--- Provided data ---
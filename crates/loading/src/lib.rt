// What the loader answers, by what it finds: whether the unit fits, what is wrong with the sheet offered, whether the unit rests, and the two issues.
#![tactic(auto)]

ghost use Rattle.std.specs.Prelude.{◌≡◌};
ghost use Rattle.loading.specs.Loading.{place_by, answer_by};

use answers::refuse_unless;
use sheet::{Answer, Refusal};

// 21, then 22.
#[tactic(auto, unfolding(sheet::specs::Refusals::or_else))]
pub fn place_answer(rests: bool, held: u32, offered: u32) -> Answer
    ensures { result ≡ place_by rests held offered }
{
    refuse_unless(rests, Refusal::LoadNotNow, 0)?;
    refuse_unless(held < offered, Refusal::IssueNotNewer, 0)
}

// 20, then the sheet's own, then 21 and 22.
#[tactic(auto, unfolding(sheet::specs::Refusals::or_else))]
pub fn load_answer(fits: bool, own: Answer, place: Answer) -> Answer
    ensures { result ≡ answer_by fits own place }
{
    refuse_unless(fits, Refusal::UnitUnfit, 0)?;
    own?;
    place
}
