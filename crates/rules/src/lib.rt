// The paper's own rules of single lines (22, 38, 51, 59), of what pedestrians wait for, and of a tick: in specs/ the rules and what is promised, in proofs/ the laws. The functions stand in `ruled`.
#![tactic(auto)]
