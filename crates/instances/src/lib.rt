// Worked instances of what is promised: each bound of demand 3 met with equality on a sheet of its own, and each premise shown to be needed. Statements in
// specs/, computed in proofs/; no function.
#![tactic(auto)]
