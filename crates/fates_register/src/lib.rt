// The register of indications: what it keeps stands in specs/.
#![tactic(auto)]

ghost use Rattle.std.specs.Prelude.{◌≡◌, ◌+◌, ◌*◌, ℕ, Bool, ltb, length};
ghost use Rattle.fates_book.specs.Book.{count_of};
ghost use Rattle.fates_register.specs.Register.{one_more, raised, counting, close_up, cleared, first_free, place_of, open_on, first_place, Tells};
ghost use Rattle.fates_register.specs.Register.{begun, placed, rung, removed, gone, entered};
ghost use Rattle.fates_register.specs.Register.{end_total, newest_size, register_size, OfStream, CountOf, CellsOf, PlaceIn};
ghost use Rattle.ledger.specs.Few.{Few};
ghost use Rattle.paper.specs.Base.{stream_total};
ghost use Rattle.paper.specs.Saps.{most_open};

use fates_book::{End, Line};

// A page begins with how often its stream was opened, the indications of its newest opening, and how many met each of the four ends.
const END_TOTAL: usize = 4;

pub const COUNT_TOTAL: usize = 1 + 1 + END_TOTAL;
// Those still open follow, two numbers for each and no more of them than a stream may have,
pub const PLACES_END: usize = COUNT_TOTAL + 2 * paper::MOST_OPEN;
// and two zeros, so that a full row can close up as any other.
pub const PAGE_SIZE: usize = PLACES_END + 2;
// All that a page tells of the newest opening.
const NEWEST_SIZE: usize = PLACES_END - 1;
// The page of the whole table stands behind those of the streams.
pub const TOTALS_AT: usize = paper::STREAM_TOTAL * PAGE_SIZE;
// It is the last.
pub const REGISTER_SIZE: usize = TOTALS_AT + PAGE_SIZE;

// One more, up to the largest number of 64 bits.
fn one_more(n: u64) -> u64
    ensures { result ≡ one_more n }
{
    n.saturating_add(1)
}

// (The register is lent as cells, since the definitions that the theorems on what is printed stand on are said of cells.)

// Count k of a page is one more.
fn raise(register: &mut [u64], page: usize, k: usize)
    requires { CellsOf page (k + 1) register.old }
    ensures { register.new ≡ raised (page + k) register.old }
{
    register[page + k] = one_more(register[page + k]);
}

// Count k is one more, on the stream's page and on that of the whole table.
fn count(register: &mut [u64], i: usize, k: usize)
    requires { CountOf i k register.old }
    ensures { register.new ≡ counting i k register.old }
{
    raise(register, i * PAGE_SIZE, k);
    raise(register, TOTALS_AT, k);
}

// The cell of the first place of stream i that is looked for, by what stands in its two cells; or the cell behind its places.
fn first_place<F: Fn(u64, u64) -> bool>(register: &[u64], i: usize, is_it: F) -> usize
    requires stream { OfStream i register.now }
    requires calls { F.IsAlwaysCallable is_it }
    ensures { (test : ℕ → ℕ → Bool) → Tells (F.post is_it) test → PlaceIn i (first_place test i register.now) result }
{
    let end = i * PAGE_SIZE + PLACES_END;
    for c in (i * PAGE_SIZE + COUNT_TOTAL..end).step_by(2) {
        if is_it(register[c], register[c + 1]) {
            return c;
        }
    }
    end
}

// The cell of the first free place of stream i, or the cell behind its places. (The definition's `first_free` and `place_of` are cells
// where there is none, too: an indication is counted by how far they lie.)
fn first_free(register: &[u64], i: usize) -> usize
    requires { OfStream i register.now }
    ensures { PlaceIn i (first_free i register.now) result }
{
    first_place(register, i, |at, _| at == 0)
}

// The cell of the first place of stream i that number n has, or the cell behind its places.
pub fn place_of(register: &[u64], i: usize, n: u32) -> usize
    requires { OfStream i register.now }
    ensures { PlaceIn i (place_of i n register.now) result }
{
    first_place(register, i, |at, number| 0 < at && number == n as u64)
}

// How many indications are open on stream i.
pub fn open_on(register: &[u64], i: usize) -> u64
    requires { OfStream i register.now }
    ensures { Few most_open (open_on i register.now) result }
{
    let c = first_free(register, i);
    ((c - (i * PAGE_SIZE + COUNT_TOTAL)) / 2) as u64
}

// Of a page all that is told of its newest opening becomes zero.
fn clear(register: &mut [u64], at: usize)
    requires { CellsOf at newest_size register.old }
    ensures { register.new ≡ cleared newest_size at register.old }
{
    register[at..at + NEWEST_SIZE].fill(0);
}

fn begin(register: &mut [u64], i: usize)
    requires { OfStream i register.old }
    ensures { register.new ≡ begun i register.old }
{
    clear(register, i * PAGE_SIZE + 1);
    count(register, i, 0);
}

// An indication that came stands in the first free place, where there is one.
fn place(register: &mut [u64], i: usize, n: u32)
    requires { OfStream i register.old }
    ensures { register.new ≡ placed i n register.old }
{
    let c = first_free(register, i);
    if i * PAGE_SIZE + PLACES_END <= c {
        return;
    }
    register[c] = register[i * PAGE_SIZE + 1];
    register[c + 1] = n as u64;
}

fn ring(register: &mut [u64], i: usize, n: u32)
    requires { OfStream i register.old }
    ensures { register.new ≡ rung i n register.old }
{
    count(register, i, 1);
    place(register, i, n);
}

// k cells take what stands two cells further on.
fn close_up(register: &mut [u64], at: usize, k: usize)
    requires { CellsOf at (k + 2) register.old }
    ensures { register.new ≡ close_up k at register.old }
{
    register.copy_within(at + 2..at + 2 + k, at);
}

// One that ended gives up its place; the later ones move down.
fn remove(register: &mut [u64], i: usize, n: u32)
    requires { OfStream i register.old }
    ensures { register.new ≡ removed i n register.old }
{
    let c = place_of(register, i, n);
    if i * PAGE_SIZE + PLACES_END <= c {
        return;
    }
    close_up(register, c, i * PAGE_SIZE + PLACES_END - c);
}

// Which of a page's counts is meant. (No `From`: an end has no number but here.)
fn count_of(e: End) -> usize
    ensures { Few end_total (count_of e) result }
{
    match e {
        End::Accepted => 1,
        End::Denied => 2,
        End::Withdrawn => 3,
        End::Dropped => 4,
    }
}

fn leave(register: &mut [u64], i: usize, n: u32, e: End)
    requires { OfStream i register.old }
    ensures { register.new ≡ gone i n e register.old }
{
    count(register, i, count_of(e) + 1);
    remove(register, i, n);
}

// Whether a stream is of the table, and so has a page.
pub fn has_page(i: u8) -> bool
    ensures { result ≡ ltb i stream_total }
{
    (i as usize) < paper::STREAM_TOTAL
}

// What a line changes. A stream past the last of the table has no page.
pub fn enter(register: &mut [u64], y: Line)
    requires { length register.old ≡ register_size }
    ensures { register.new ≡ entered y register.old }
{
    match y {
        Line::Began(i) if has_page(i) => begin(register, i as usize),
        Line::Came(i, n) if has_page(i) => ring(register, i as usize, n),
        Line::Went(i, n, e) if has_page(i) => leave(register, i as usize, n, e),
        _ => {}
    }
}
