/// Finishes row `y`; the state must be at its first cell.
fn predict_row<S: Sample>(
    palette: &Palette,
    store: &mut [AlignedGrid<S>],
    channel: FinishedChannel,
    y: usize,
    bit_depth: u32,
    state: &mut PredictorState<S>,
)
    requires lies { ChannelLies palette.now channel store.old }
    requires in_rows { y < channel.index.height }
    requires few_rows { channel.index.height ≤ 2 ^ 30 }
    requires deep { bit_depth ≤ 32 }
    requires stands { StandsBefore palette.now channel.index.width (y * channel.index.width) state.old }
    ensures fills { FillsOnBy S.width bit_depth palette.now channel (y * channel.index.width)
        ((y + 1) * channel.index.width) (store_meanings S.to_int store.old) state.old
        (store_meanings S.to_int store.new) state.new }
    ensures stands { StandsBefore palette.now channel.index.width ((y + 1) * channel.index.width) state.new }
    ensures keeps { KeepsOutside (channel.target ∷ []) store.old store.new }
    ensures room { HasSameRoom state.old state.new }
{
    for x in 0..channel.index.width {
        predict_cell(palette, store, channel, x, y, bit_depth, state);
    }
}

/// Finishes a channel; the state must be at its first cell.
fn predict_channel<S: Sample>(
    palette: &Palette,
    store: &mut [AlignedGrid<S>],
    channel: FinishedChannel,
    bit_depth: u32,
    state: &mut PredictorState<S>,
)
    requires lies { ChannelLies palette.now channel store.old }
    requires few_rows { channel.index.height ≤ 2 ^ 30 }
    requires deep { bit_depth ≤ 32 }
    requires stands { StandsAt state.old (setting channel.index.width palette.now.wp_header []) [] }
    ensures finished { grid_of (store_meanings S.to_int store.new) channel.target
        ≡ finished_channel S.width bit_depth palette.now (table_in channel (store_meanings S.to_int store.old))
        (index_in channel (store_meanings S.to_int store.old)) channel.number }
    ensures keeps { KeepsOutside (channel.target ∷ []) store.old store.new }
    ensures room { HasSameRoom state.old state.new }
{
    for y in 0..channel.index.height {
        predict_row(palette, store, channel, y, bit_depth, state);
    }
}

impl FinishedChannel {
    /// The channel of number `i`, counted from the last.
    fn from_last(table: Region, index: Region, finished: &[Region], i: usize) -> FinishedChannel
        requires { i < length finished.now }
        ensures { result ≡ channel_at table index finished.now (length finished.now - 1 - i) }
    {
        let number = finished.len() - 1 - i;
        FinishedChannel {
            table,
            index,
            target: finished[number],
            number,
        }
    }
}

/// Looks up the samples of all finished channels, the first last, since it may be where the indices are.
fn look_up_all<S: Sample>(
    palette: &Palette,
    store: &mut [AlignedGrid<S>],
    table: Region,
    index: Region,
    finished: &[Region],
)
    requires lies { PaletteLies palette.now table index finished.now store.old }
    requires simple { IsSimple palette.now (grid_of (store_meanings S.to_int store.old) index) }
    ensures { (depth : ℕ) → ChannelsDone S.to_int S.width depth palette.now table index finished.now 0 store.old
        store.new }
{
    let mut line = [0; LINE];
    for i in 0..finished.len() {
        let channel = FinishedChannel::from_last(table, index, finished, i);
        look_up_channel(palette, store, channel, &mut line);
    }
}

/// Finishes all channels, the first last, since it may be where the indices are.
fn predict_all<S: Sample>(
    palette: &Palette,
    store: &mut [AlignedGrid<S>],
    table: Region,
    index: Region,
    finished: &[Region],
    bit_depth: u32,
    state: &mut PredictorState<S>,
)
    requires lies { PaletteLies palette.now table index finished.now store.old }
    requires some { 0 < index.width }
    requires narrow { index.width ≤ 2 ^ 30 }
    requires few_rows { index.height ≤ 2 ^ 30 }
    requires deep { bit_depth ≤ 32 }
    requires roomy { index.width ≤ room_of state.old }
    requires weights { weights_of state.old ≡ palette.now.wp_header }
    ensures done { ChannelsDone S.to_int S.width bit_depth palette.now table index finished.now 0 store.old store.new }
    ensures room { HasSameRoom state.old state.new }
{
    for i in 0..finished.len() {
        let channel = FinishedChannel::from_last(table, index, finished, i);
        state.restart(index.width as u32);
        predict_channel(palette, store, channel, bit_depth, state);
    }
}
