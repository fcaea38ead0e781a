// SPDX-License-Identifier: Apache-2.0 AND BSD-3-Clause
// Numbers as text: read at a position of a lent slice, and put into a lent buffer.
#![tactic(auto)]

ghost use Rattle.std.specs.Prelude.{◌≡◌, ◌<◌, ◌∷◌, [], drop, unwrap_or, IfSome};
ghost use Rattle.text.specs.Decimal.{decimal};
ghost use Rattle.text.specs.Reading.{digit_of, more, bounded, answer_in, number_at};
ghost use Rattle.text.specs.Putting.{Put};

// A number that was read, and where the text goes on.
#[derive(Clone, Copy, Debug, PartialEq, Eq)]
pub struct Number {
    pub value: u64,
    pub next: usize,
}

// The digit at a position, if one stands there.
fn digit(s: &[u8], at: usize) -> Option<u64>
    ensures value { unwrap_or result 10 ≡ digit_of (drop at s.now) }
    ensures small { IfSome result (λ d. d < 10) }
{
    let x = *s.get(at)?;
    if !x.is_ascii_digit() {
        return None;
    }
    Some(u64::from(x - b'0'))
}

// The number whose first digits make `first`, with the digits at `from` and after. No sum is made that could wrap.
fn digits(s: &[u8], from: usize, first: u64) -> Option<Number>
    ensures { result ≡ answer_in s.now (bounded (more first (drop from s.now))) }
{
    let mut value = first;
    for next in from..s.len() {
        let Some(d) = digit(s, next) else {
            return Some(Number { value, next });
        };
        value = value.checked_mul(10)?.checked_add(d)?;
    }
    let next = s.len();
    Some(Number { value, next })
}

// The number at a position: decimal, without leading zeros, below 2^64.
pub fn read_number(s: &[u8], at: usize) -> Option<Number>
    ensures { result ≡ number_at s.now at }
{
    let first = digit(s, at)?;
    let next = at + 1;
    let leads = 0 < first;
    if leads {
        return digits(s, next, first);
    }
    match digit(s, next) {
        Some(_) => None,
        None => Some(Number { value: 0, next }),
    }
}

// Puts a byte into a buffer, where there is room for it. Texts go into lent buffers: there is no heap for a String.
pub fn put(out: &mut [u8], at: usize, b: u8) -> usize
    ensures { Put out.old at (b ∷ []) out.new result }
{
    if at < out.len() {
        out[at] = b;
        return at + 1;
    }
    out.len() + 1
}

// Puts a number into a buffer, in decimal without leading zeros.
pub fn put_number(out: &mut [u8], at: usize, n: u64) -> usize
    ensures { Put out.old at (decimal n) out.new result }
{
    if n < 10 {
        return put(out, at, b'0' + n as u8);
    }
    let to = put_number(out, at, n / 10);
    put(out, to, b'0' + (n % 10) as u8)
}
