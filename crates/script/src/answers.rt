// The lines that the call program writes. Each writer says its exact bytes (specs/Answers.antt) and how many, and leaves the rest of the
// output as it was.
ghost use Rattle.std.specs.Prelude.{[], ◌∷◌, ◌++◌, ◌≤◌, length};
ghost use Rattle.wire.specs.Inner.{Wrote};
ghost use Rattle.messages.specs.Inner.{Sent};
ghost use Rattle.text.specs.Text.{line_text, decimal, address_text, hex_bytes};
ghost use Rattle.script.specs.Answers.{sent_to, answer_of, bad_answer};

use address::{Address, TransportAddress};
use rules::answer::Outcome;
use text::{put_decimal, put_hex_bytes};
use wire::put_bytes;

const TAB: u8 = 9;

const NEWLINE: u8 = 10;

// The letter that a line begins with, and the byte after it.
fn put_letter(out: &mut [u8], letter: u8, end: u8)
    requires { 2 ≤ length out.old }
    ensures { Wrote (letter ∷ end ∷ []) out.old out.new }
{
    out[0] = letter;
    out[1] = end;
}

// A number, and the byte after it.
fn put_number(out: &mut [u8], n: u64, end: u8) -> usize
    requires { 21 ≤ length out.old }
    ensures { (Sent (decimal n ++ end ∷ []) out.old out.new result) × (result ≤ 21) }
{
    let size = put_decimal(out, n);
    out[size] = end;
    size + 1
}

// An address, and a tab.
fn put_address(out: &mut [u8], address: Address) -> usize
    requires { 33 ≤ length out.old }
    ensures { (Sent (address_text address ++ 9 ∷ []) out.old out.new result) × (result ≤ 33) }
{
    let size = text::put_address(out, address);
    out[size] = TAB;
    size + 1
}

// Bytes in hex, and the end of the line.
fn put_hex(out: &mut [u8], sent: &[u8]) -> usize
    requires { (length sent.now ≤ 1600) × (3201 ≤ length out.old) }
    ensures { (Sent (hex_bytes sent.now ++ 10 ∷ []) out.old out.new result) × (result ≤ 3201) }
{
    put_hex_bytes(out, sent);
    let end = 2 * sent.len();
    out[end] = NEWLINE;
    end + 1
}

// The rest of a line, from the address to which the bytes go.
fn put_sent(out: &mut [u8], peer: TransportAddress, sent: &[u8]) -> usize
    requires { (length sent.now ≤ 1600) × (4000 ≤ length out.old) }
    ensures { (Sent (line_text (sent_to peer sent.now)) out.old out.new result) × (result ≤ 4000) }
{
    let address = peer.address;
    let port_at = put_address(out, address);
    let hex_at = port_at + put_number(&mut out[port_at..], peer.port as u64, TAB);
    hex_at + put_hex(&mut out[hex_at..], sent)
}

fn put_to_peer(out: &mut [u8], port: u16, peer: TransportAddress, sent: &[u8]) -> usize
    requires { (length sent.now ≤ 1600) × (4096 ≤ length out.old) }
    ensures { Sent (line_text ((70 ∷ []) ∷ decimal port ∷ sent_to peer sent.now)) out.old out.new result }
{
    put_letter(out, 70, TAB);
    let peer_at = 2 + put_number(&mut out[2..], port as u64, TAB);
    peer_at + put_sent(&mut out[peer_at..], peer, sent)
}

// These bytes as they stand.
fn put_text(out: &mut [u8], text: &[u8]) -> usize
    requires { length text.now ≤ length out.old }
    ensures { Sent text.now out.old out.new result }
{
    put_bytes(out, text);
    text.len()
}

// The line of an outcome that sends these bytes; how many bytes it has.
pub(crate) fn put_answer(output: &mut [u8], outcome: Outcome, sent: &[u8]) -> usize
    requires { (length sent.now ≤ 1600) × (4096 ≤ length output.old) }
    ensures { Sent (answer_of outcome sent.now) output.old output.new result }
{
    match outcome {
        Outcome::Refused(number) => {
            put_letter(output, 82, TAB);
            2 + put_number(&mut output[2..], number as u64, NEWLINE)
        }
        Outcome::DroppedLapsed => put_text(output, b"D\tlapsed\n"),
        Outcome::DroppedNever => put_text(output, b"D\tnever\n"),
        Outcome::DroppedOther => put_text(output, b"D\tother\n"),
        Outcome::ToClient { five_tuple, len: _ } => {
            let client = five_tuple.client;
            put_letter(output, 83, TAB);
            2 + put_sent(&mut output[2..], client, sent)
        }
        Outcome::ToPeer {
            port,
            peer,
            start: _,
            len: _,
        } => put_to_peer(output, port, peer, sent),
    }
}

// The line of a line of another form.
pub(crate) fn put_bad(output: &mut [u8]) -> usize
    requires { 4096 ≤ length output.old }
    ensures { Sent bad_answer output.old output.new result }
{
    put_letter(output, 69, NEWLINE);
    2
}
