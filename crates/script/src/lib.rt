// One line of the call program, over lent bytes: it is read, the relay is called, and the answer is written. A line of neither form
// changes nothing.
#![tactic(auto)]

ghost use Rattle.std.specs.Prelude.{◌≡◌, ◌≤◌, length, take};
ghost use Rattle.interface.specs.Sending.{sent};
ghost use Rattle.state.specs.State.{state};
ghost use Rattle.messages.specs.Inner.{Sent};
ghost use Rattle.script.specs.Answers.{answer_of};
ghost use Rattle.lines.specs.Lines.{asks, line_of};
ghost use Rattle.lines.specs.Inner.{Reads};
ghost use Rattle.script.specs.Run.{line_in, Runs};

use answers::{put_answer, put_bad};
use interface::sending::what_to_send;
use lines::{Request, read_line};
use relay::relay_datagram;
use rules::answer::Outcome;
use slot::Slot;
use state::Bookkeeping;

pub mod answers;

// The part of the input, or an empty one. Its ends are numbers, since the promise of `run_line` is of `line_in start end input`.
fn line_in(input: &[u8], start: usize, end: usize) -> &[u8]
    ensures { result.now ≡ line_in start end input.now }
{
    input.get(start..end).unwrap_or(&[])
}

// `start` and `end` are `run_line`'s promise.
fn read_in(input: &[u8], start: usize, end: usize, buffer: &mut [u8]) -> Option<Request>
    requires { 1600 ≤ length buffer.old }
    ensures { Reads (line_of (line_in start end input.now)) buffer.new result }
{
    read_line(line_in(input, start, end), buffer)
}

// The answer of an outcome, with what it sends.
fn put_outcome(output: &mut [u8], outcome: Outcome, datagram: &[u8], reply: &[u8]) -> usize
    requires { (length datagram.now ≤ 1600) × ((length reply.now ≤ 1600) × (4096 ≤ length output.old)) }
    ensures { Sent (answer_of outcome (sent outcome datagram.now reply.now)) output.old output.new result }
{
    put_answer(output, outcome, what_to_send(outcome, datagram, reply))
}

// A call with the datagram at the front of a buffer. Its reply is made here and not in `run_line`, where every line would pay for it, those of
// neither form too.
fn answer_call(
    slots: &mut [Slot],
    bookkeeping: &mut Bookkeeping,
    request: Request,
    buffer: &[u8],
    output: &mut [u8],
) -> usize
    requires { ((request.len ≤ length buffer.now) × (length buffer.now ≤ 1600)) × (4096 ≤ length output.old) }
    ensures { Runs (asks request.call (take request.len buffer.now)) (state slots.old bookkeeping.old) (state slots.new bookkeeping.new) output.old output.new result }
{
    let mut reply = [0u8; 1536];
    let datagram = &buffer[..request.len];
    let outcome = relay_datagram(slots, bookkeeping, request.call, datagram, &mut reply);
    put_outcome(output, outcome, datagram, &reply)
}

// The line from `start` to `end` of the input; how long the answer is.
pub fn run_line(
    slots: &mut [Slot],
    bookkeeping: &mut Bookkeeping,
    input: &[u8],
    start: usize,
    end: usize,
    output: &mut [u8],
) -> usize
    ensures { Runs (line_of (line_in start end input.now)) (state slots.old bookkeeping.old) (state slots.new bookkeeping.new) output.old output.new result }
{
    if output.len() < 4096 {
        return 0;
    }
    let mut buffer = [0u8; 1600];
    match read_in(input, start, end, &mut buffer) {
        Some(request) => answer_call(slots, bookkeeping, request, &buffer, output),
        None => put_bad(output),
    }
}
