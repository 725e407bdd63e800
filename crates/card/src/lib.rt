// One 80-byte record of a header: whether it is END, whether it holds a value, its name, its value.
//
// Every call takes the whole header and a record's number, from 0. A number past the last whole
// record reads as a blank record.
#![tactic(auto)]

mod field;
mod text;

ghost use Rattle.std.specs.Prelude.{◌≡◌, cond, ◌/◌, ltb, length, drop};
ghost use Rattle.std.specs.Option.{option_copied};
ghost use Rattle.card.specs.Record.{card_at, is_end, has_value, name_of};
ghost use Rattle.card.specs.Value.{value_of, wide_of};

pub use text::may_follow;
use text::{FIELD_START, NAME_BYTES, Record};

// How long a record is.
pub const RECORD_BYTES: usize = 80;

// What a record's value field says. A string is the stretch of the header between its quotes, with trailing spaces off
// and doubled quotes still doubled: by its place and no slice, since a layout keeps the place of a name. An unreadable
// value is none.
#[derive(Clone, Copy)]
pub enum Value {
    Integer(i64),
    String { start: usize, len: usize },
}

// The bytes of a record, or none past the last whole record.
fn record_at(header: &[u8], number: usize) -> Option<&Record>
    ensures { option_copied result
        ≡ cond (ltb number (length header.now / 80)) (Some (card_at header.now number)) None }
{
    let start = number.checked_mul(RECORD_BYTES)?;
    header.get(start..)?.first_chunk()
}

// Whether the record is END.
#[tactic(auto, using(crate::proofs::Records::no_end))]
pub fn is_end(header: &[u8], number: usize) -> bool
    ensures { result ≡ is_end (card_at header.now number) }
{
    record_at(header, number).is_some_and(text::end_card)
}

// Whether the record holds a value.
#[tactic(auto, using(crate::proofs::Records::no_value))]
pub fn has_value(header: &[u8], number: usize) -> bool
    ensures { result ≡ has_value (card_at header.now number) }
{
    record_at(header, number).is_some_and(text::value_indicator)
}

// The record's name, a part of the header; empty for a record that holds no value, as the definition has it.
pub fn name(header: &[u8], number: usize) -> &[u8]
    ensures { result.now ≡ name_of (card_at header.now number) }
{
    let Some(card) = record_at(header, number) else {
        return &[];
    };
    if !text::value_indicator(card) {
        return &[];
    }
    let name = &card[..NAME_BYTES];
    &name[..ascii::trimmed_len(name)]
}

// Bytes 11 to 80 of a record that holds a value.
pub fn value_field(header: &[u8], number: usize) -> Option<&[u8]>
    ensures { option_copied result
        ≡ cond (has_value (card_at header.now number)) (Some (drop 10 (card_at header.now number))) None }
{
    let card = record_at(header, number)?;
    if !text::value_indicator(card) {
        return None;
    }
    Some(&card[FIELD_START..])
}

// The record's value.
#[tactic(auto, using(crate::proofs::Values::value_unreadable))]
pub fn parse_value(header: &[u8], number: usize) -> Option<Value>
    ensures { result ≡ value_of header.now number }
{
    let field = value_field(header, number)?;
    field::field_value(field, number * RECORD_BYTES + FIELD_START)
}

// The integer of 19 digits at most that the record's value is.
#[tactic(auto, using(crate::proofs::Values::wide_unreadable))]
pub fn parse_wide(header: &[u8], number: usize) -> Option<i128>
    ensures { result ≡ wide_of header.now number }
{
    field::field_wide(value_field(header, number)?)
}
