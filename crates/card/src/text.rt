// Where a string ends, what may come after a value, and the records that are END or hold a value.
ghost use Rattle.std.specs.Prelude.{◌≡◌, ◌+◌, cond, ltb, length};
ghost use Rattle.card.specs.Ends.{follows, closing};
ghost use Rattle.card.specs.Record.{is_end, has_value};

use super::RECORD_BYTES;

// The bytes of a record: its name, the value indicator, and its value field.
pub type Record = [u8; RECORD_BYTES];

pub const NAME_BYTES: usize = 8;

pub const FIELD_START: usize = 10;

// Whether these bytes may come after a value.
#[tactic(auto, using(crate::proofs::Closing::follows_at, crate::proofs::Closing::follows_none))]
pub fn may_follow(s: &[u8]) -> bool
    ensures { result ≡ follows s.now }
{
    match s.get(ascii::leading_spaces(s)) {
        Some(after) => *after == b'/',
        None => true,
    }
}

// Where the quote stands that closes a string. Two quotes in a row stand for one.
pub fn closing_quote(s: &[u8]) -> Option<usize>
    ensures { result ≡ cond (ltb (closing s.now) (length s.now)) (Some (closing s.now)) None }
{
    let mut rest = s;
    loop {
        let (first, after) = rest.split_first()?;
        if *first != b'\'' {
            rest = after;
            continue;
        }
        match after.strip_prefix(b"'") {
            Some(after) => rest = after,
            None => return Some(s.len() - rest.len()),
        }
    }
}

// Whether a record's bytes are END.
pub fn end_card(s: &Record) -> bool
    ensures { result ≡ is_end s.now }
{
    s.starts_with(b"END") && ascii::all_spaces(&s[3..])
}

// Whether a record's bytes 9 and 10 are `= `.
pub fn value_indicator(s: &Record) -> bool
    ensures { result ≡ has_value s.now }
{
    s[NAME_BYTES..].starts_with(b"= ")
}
---
== Instructions for the task ==
Produce the lines from the top of the listing through the "21, then 22." line exactly as they appear, with no additional output.

== The completed task ==
filename crates/loading/src/lib.rt
// What the loader answers, by what it finds: whether the unit fits, what is wrong with the sheet offered, whether the unit rests, and the two issues.
#![tactic(auto)]

ghost use Rattle.std.specs.Prelude.{◌≡◌};
ghost use Rattle.loading.specs.Loading.{place_by, answer_by};

use answers::refuse_unless;
use sheet::{Answer, Refusal};

// 21, then 22.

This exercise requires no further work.